▸ INSTRUCTIONS FOR THE TASK
Each line of the data below from the one holding "fn push_others(text: &mut" to the one holding "push_others(text, grm, others)?;", inclusive, is to be reproduced exactly; no other line belongs in the answer.

Stored items:
_ _ _

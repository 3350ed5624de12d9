//! Loops over a grammar's rules, and a token put into a FIRST set.

ghost use Rattle.std.specs.Prelude.{◌<◌, length};

use crate::make::grammar_of;
use crate::same::same;
use cfgrammar::index::IndexStorage;
use cfgrammar::yacc::grammar::laws::walks_stay_below;
use cfgrammar::yacc::{YaccFirsts, YaccGrammar};
use cfgrammar::{RIdx, TIdx};
use std::alloc::{AllocError, Global};
use std::test::*;

/// Whether the token wasn't in the rule's set, and is once it is put there.
fn is_put<S: IndexStorage>(firsts: &mut YaccFirsts<S>, ridx: RIdx<S>, tidx: TIdx<S>) -> bool
    requires rule { S.number ridx.0 < length firsts.old.rows }
    requires token { S.number tidx.0 < firsts.old.tokens }
{
    let was = firsts.set(ridx, tidx);
    !was && firsts.is_set(ridx, tidx) && firsts.set(ridx, tidx)
}

fn is_put_in<S: IndexStorage>(
    alloc: Global,
    grm: &YaccGrammar<S>,
    ridx: RIdx<S>,
    tidx: TIdx<S>,
) -> Result<bool, AllocError> {
    let mut firsts = grm.firsts(alloc)?;
    let is_put = grm.has_rule(ridx) && grm.has_token(tidx) && is_put(&mut firsts, ridx, tidx);
    drop(firsts);
    Ok(is_put)
}

/// Returns whether a new token, one that is there, and one for a rule that is not there are put.
fn are_put(alloc: Global, grm: &YaccGrammar<u8>) -> Result<[bool; 3], AllocError> {
    let new = is_put_in(alloc, grm, RIdx(1), TIdx(2))?;
    let old = is_put_in(alloc, grm, RIdx(1), TIdx(1))?;
    Ok([new, old, is_put_in(alloc, grm, RIdx(9), TIdx(1))?])
}

#[test]
fn a_token_is_put(rt: HostRuntime) -> Result<(), Fail> {
    let grm = grammar_of(rt.alloc(), "%% S: 'a' | 'b' T; T: 'c';")?;
    let found = are_put(rt.alloc(), &grm);
    drop(grm);
    same(&rt, "put", found?, [true, false, false]);
    Ok(())
}

/// The length of the longest name of a rule, by numbers: this loop needs no proof file.
fn longest_name_by_numbers<S: IndexStorage>(grm: &YaccGrammar<S>) -> usize {
    let mut longest = 0;
    for number in 0..usize::from(grm.rules_len()) {
        longest = longest.max(grm.rule_name_str(grm.rule_at(number)).len());
    }
    longest
}

/// The length of the longest name of a rule, by an iterator, which gives the indices of rules alone.
fn longest_name<S: IndexStorage>(grm: &YaccGrammar<S>) -> usize {
    let mut longest = 0;
    walks_stay_below();
    'rules: for ridx in grm.iter_rules() {
        longest = longest.max(grm.rule_name_str(ridx).len());
    }
    longest
}

#[test]
fn loops_give_all_rules(rt: HostRuntime) -> Result<(), Fail> {
    let grm = grammar_of(rt.alloc(), "%% S: Long T; Long: 'a'; T: ;")?;
    let found = (longest_name(&grm), longest_name_by_numbers(&grm));
    drop(grm);
    same(&rt, "by an iterator and by numbers", found, (4, 4));
    Ok(())
}
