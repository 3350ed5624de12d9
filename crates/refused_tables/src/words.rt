//! Reductions that go round, in words.

ghost use Rattle.std.specs.Prelude.{◌≡◌, ◌++◌, IfOk, OnOk};
ghost use Rattle.std.specs.String.{string_bytes};
ghost use Rattle.cfg_numbered.specs.Symbols.{numbers_of, syms_of};
ghost use Rattle.refused_tables.specs.Cycles.{AddsRound, ahead_text, front_text, front_words, others_text, round_text};

use crate::cycle::{Beginning, find_cycle};
use cfg_base::symbol::{PIdx, Symbol, TIdx};
use grammar_names::{Grammar, push_prod, push_symbols, push_token};
use std::alloc::{AllocError, Global};

/// Adds the token before which reductions go round.
fn push_ahead(text: &mut String, grm: &Grammar, token: TIdx<u32>) -> Result<(), AllocError>
    ensures { OnOk result (string_bytes text.new ≡ string_bytes text.old ++ ahead_text grm.now token.0) }
{
    text.push_str(": before")?;
    push_token(text, grm, token)?;
    text.push_str(", ")
}

/// Adds the productions behind the first one of a round.
fn push_others(text: &mut String, grm: &Grammar, others: &[PIdx<u32>]) -> Result<(), AllocError>
    ensures { OnOk result (string_bytes text.new ≡ string_bytes text.old ++ others_text grm.now (numbers_of (λ n. n) others.now)) }
{
    'others: for pidx in others {
        text.push_str(", then ")?;
        push_prod(text, grm, *pidx)?;
    }
    Ok(())
}

/// Adds the productions that go round before a token: `: before b, E: %empty, again and again`.
fn push_round(
    text: &mut String,
    grm: &Grammar,
    token: TIdx<u32>,
    first: PIdx<u32>,
    others: &[PIdx<u32>],
) -> Result<(), AllocError>
    ensures { OnOk result (string_bytes text.new ≡ string_bytes text.old ++ round_text grm.now token.0 first.0 (numbers_of (λ n. n) others.now)) }
{
    push_ahead(text, grm, token)?;
    push_prod(text, grm, first)?;
    push_others(text, grm, others)?;
    text.push_str(", again and again")?;
    Ok(())
}

/// Returns the words before the symbols behind which reductions begin.
fn front_words(before: &[Symbol<u32>]) -> &'static str
    ensures { result.now ≡ front_words (syms_of (λ n. n) before.now) }
{
    if before.is_empty() {
        "they begin at the front of a text"
    } else {
        "they begin behind"
    }
}

/// Adds where these reductions begin: `they begin behind x y`, or `they begin at the front of a text`.
fn push_front(text: &mut String, grm: &Grammar, before: &[Symbol<u32>]) -> Result<(), AllocError>
    ensures { OnOk result (string_bytes text.new ≡ string_bytes text.old ++ front_text grm.now (syms_of (λ n. n) before.now)) }
{
    text.push_str(front_words(before))?;
    push_symbols(text, grm, before)
}

/// Adds to the words of an error which productions go round, and to its help where they begin. Returns the first of
/// these productions; adds nothing and returns `None` where none are found.
pub fn push_cycle(
    alloc: Global,
    words: &mut String,
    help: &mut String,
    grm: &Grammar,
    beginning: Beginning,
) -> Result<Option<PIdx<u32>>, AllocError>
    ensures { IfOk result (λ r. AddsRound grm.now beginning.token.0 r (string_bytes words.old, string_bytes help.old) (string_bytes words.new, string_bytes help.new)) }
{
    let Some(cycle) = find_cycle(alloc, grm, beginning)? else {
        return Ok(None);
    };
    let Some((first, others)) = cycle.productions.as_slice().split_first() else {
        return Ok(None);
    };
    push_round(words, grm, beginning.token, *first, others)?;
    push_front(help, grm, cycle.before.as_slice())?;
    Ok(Some(*first))
}
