impl<S: IndexStorage> YaccFirsts<S> {
    /// Returns whether the symbol is a nullable rule; a token isn't nullable.
    pub fn is_nullable(&self, symbol: Symbol<S>) -> bool
        requires { IsWithin self.now (sym_of S.number symbol) }
        ensures { IsTrue result ↔ IsNullableIn self.now (sym_of S.number symbol) }
    {
        match symbol {
            Symbol::Rule(rule) => self.epsilons.get_unchecked(rule.0.to_usize()),
            Symbol::Token(_) => false,
        }
    }

    /// Turns what a list begins with into what the rule followed by the list begins with.
    fn put_rule_before(&self, ridx: RIdx<S>, tail: &mut Vob)
        requires within { S.number ridx.0 < length self.now.rows }
        requires width { length tail.old.bits ≡ self.now.tokens }
        ensures width { length tail.new.bits ≡ self.now.tokens }
        ensures bits { (t : ℕ) → IsTrue (is_set tail.new.bits t) ↔ FirstBefore self.now (rule (S.number ridx.0)) (λ u. IsTrue (is_set tail.old.bits u)) t }
    {
        let number = ridx.0.to_usize();
        clear_unless(tail, self.epsilons.get_unchecked(number));
        tail.or(self.firsts.row(number));
    }

    /// Makes of `tail`, the FIRST set of a list, that of the list behind a token: the token alone.
    fn put_token_before(&self, tidx: TIdx<S>, tail: &mut Vob)
        requires within { S.number tidx.0 < self.now.tokens }
        requires width { length tail.old.bits ≡ self.now.tokens }
        ensures width { length tail.new.bits ≡ self.now.tokens }
        ensures bits { (t : ℕ) → IsTrue (is_set tail.new.bits t) ↔ (S.number tidx.0 ≡ t) }
    {
        tail.set_all(false);
        tail.set(tidx.0.to_usize(), true);
    }

    /// Turns the tokens that a list begins with into those that the symbol followed by the list begins with.
    pub fn put_before(&self, symbol: Symbol<S>, tail: &mut Vob)
        requires within { IsWithin self.now (sym_of S.number symbol) }
        requires width { length tail.old.bits ≡ self.now.tokens }
        ensures width { length tail.new.bits ≡ self.now.tokens }
        ensures bits { (t : ℕ) → IsTrue (is_set tail.new.bits t) ↔ FirstBefore self.now (sym_of S.number symbol) (λ u. IsTrue (is_set tail.old.bits u)) t }
    {
        match symbol {
            Symbol::Rule(rule) => self.put_rule_before(rule, tail),
            Symbol::Token(token) => self.put_token_before(token, tail),
        }
    }

    /// Sets `begins` to the tokens that the symbols begin with, by these sets, and returns whether all the
    /// symbols are nullable.
    pub fn first_of(&self, symbols: &[Symbol<S>], begins: &mut Vob) -> bool
        requires within { AllWithin self.now (syms_of S.number symbols.now) }
        requires width { length begins.old.bits ≡ self.now.tokens }
        ensures width { length begins.new.bits ≡ self.now.tokens }
        ensures nullable { IsTrue result ↔ AllOf (HasEpsilon self.now) (syms_of S.number symbols.now) }
        ensures first { (t : ℕ) → IsTrue (is_set begins.new.bits t) ↔ FirstsOf self.now (syms_of S.number symbols.now) t }
    {
        begins.set_all(false);
        'prefix: for index in 0..symbols.len() {
            let symbol = symbols[index];
            self.put_first(symbol, begins);
            if !self.is_nullable(symbol) {
                return false;
            }
        }
        true
    }

    /// Adds the tokens that a symbol begins with to a set.
    fn put_first(&self, symbol: Symbol<S>, begins: &mut Vob)
        requires within { IsWithin self.now (sym_of S.number symbol) }
        requires width { length begins.old.bits ≡ self.now.tokens }
        ensures width { length begins.new.bits ≡ self.now.tokens }
        ensures bits { (t : ℕ) → IsTrue (is_set begins.new.bits t) ↔ (IsTrue (is_set begins.old.bits t) ⊎ SymbolFirst self.now (sym_of S.number symbol) t) }
    {
        match symbol {
            Symbol::Rule(rule) => {
                let number = rule.0.to_usize();
                begins.or(self.firsts.row(number));
            }
            Symbol::Token(token) => {
                begins.set(token.0.to_usize(), true);
            }
        }
    }

    /// Adds the tokens to the set of a rule, and returns whether that changed it.
    fn add_tokens(&mut self, rule: RIdx<S>, tokens: &Vob) -> bool
        requires within { S.number rule.0 < length self.old.rows }
        requires width { length tokens.now.bits ≡ self.old.tokens }
        ensures tokens { self.new.tokens ≡ self.old.tokens }
        ensures rows { self.new.rows ≡ joined_to self.old.rows (S.number rule.0) tokens.now.bits }
        ensures epsilons { self.new.epsilons ≡ self.old.epsilons }
        ensures width_was { length (get_or self.old.rows (S.number rule.0) []) ≡ self.old.tokens }
        ensures steps { PassStep first_room (λ s. HasAllOf (S.number rule.0) tokens.now.bits s.rows) self.old self.new result }
    {
        self.firsts.join(rule.0.to_usize(), tokens)
    }

    /// Puts a rule among the nullable ones, and returns whether it wasn't one of them.
    fn add_epsilon(&mut self, rule: RIdx<S>) -> bool
        requires { S.number rule.0 < length self.old.rows }
        ensures tokens { self.new.tokens ≡ self.old.tokens }
        ensures rows { self.new.rows ≡ self.old.rows }
        ensures within { S.number rule.0 < length self.old.epsilons }
        ensures epsilons { self.new.epsilons ≡ slice_set self.old.epsilons (S.number rule.0) true }
        ensures steps { PassStep first_room Anything self.old self.new result }
    {
        self.epsilons.set(rule.0.to_usize(), true)
    }
}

_ _ _

▸ OUTPUT OF THE EXERCISE
fn push_others(text: &mut String, grm: &Grammar, others: &[PIdx<u32>]) -> Result<(), AllocError>
    ensures { OnOk result (string_bytes text.new ≡ string_bytes text.old ++ others_text grm.now (numbers_of (λ n. n) others.now)) }
{
    'others: for pidx in others {
        text.push_str(", then ")?;
        push_prod(text, grm, *pidx)?;
    }
    Ok(())
}

/// Adds the productions that go round before a token: `: before b, E: %empty, again and again`.
fn push_round(
    text: &mut String,
    grm: &Grammar,
    token: TIdx<u32>,
    first: PIdx<u32>,
    others: &[PIdx<u32>],
) -> Result<(), AllocError>
    ensures { OnOk result (string_bytes text.new ≡ string_bytes text.old ++ round_text grm.now token.0 first.0 (numbers_of (λ n. n) others.now)) }
{
    push_ahead(text, grm, token)?;
    push_prod(text, grm, first)?;
    push_others(text, grm, others)?;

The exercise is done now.